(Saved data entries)
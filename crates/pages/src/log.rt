//! Logs of proof lines.

ghost use Rattle.std.specs.Prelude.{◌≡◌, ◌+◌, ◌++◌, ◌∷◌, [], ◌*◌, ◌≤◌, ◌<◌, ◌^◌, drop, take, length, IfOk, OnOk, OnErr, slice_get, vec_capacity, vec_len};
ghost use Rattle.std.specs.Option.{option_map};
ghost use Rattle.pages.specs.Pages.{joined_pages};

use crate::copies::{are_first, copies};
use crate::counted::{Counted, CountedList, all_counted, all_lines};
use crate::lines::Lines;
use crate::page::{LINES_PER_PAGE, Page, copied, page_of, shared};
use refutations::{Line, LineList};
use std::alloc::{AllocError, Global};
use std::marker::Model;
use std::mem;

/// The largest length of a log. Memory ends long before, but only with a limit are the sums of
/// lengths known to fit.
const LARGEST_LENGTH: usize = usize::MAX / 2;

/// A list of proof lines to which lines are appended. It keeps full pages of 256 lines, which it
/// shares with the lists that it hands out, and the fewer than 256 lines after them.
///
/// It has fewer than 2^63 lines; more are refused as want of memory, which comes long before.
#[derive(Debug, Drop)]
pub struct Log {
    pages: Vec<Page>,
    last: Vec<Counted>,
}

impl Model for Log {
    ghost use Rattle.std.specs.Prelude.{◌++◌, List};
    ghost use Rattle.refutations.specs.Proofs.{ProofLine};
    ghost use Rattle.pages.specs.Pages.{joined_pages, IsPaged};
    ghost use Rattle.pages.specs.declared.page.TheConstants.{LINES_PER_PAGE};

    ghost Value = { List ProofLine };

    ghost view = { λ log. joined_pages log.pages.items ++ log.last.items };

    ghost invariant = { λ log. IsPaged LINES_PER_PAGE log.pages.items log.last.items };
}

/// The log of these lines, of which none is copied.
pub(crate) fn paged(alloc: Global, lines: Vec<Counted>) -> Result<Log, AllocError>
    ensures { IfOk result (λ log. log ≡ lines.items) }
{
    let mut log = Log::new(alloc);
    for line in lines {
        log.push(alloc, line)?;
    }
    Ok(log)
}

/// The lines of these pages, one after another, with room for so many.
fn joined(alloc: Global, pages: Vec<Page>, count: usize) -> Result<Vec<Line>, AllocError>
    ensures { IfOk result (λ lines. lines.items ≡ joined_pages pages.items) }
{
    let mut lines = Vec::with_capacity(alloc, count)?;
    for page in pages {
        lines.append(&mut page.into_lines(alloc)?)?;
    }
    Ok(lines)
}

/// Appends a page and those after it, for which there is room.
fn push_pages(pages: &mut Vec<Page>, page: Page, later: &mut Vec<Page>)
    requires { vec_len pages.old + vec_len later.old + 1 ≤ vec_capacity pages.old }
    ensures { pages.new.items ≡ pages.old.items ++ page ∷ later.old.items }
{
    pages.push(page).unwrap();
    pages.append(later).unwrap();
}

/// The first of these pages and then others, for which there is room behind all.
fn put_behind(pages: &mut Vec<Page>, kept: usize, later: &mut Vec<Page>)
    requires { vec_len pages.old + vec_len later.old ≤ vec_capacity pages.old }
    ensures { pages.new.items ≡ take kept pages.old.items ++ later.old.items }
{
    pages.truncate(kept);
    pages.append(later).unwrap();
}

impl Log {
    /// A log without lines. Takes no memory.
    pub fn new(alloc: Global) -> Log
        ensures { result ≡ [] }
    {
        Log {
            pages: Vec::new(alloc),
            last: Vec::new(alloc),
        }
    }

    /// How many lines it has. Takes no memory.
    pub fn len(&self) -> usize
        ensures same { result ≡ length self.now }
        ensures small { result < 2 ^ 63 }
    {
        self.pages.len() * LINES_PER_PAGE + self.last.len()
    }

    /// The line at this place, counted from 0, in constant time and without memory; there is none
    /// from the length on.
    pub fn get(&self, place: usize) -> Option<&Line>
        ensures { option_map (λ line. line.now) result ≡ slice_get self.now place }
    {
        match self.held_at(place) {
            Some(held) => Some(held.line()),
            None => None,
        }
    }

    /// The line at this place, as it is kept; there is none from the length on.
    pub(crate) fn held_at(&self, place: usize) -> Option<&Counted>
        ensures { option_map (λ line. line.now) result ≡ slice_get self.now place }
    {
        match self.pages.get(place / LINES_PER_PAGE) {
            Some(page) => page.get(place % LINES_PER_PAGE),
            None => self.last.get(place - self.pages.len() * LINES_PER_PAGE),
        }
    }

    /// Appends one line. Where memory runs out, lines may be lost.
    fn push(&mut self, alloc: Global, line: Counted) -> Result<(), AllocError>
        requires { length self.old + 1 < 2 ^ 63 }
        ensures { OnOk result (self.new ≡ self.old ++ line ∷ []) }
    {
        self.last.push(line)?;
        if self.last.len() < LINES_PER_PAGE {
            return Ok(());
        }
        let last = mem::replace(&mut self.last, Vec::new(alloc));
        let Ok(page) = Page::new(alloc, last) else {
            return Err(AllocError);
        };
        self.pages.push(page)?;
        Ok(())
    }

    /// Appends these lines, of which none is copied. Where memory runs out, the log stays as it
    /// was.
    pub fn append(&mut self, alloc: Global, lines: Vec<Line>) -> Result<(), AllocError>
        ensures appended { OnOk result (self.new ≡ self.old ++ lines.items) }
        ensures unchanged { OnErr result (self.new ≡ self.old) }
    {
        self.append_counted(alloc, all_counted(alloc, lines)?)
    }

    /// Appends these lines. Where memory runs out, the log stays as it was.
    fn append_counted(&mut self, alloc: Global, mut lines: Vec<Counted>) -> Result<(), AllocError>
        ensures appended { OnOk result (self.new ≡ self.old ++ lines.items) }
        ensures unchanged { OnErr result (self.new ≡ self.old) }
    {
        if lines.len() > LARGEST_LENGTH - self.len() {
            return Err(AllocError);
        }
        let room = LINES_PER_PAGE - self.last.len();
        if lines.len() < room {
            self.last.append(&mut lines)?;
            return Ok(());
        }
        let later = paged(alloc, lines.split_off(room)?)?;
        let Log {
            pages: mut later,
            last,
        } = later;
        self.pages.reserve(later.len() + 1)?;
        let page = page_of(alloc, &mut self.last, &mut lines)?;
        push_pages(&mut self.pages, page, &mut later);
        self.last = last;
        Ok(())
    }

    /// All lines. Those that are shared with nobody are moved out, and others copied.
    pub fn into_lines(self, alloc: Global) -> Result<Vec<Line>, AllocError>
        ensures { IfOk result (λ lines. lines.items ≡ self) }
    {
        let count = self.len();
        let Log { pages, last } = self;
        let mut lines = joined(alloc, pages, count)?;
        lines.append(&mut all_lines(alloc, last)?)?;
        Ok(lines)
    }

    /// Keeps its first pages, and has all lines of another log follow, whose full pages are shared.
    /// The lines after them are counted. Where memory runs out, it stays as it was.
    fn share(&mut self, alloc: Global, kept: usize, other: &Log) -> Result<(), AllocError>
        requires within { kept * 256 ≤ length self.old }
        requires few { kept * 256 + length other.now < 2 ^ 63 }
        ensures shared { OnOk result (self.new ≡ take (kept * 256) self.old ++ other.now) }
        ensures unchanged { OnErr result (self.new ≡ self.old) }
    {
        let mut later = shared(alloc, &other.pages, 0)?;
        self.pages.reserve(later.len())?;
        let last = copied(alloc, &other.last, 0)?;
        self.last = last;
        put_behind(&mut self.pages, kept, &mut later);
        Ok(())
    }

    /// Keeps its first `from` lines, and has these follow, each of which is counted. Where memory
    /// runs out, it stays as it was.
    fn copy_behind(&mut self, alloc: Global, from: usize, lines: &Lines) -> Result<(), AllocError>
        requires within { from ≤ length self.old }
        requires few { from + length lines.now < 2 ^ 63 }
        ensures copied { OnOk result (self.new ≡ take from self.old ++ lines.now) }
        ensures unchanged { OnErr result (self.new ≡ self.old) }
    {
        let kept = from / LINES_PER_PAGE;
        let mut tail = copies(alloc, self, kept * LINES_PER_PAGE, from)?;
        tail.append(&mut copies(alloc, lines, 0, lines.len())?)?;
        let later = paged(alloc, tail)?;
        self.share(alloc, kept, &later)
    }

    /// Keeps its first `from` lines, and has these follow them. What [`after`](Log::after) handed
    /// out, from this place on, of a log that begins with the same lines, costs as little as there:
    /// its full pages are shared, also in place of lines that this log has, and the lines after them
    /// are counted. Of any other list each line is counted, as far as the log doesn't have it. No
    /// line is copied. Where memory runs out, the log stays as it was; 2^63 lines are refused as
    /// want of memory.
    pub fn follow(&mut self, alloc: Global, from: usize, lines: &Lines) -> Result<(), AllocError>
        requires { from ≤ length self.old }
        ensures followed { OnOk result (self.new ≡ take from self.old ++ lines.now) }
        ensures unchanged { OnErr result (self.new ≡ self.old) }
    {
        let held = self.len() - from;
        if lines.len() > LARGEST_LENGTH - from {
            return Err(AllocError);
        }
        let (log, hidden) = lines.parts();
        let place = from % LINES_PER_PAGE;
        if hidden == place && are_first(self, from - place, place, log) {
            return self.share(alloc, from / LINES_PER_PAGE, log);
        }
        if are_first(self, from, held, lines) {
            return self.append_counted(alloc, copies(alloc, lines, held, lines.len())?);
        }
        self.copy_behind(alloc, from, lines)
    }

    /// Has these lines follow its first `from` ones, of which those in the last page may become
    /// others: pages are shared without a comparison. For a reader who trusts no line. Where
    /// memory runs out, the log stays as it was; 2^63 lines are refused as want of memory.
    pub fn follow_unseen(
        &mut self,
        alloc: Global,
        from: usize,
        lines: &Lines,
    ) -> Result<(), AllocError>
        requires { from ≤ length self.old }
        ensures behind { OnOk result (drop from self.new ≡ lines.now) }
        ensures unchanged { OnErr result (self.new ≡ self.old) }
    {
        if lines.len() > LARGEST_LENGTH - from.min(self.len()) {
            return Err(AllocError);
        }
        let (log, hidden) = lines.parts();
        if hidden == from % LINES_PER_PAGE {
            return self.share(alloc, from / LINES_PER_PAGE, log);
        }
        self.follow(alloc, from, lines)
    }

    /// The lines after the first `from` ones, as they are now. Full pages are shared, so this takes
    /// time in proportion to the pages; at most 255 lines are counted.
    pub fn after(&self, alloc: Global, from: usize) -> Result<Lines, AllocError>
        requires { from ≤ length self.now }
        ensures { IfOk result (λ lines. lines ≡ drop from self.now) }
    {
        let page = from / LINES_PER_PAGE;
        if page < self.pages.len() {
            let pages = shared(alloc, &self.pages, page)?;
            let last = copied(alloc, &self.last, 0)?;
            return Ok(Lines::make(Log { pages, last }, from % LINES_PER_PAGE));
        }
        let start = from - self.pages.len() * LINES_PER_PAGE;
        let last = copied(alloc, &self.last, start)?;
        Ok(Lines::make(
            Log {
                pages: Vec::new(alloc),
                last,
            },
            0,
        ))
    }
}

impl CountedList for Log {
    ghost lines = { λ list. list };

    fn held_at(&self, place: usize) -> Option<&Counted> {
        self.held_at(place)
    }
}

impl LineList for Log {
    ghost lines = { λ list. list };

    fn len(&self) -> usize {
        self.len()
    }

    fn get(&self, place: usize) -> Option<&Line> {
        self.get(place)
    }
}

• **Try it**:
In the records, which lines use the word "room"? Report them.

• **Result below**:
/// The lines of these pages, one after another, with room for so many.
/// Appends a page and those after it, for which there is room.
/// The first of these pages and then others, for which there is room behind all.
        let room = LINES_PER_PAGE - self.last.len();
        if lines.len() < room {
        let later = paged(alloc, lines.split_off(room)?)?;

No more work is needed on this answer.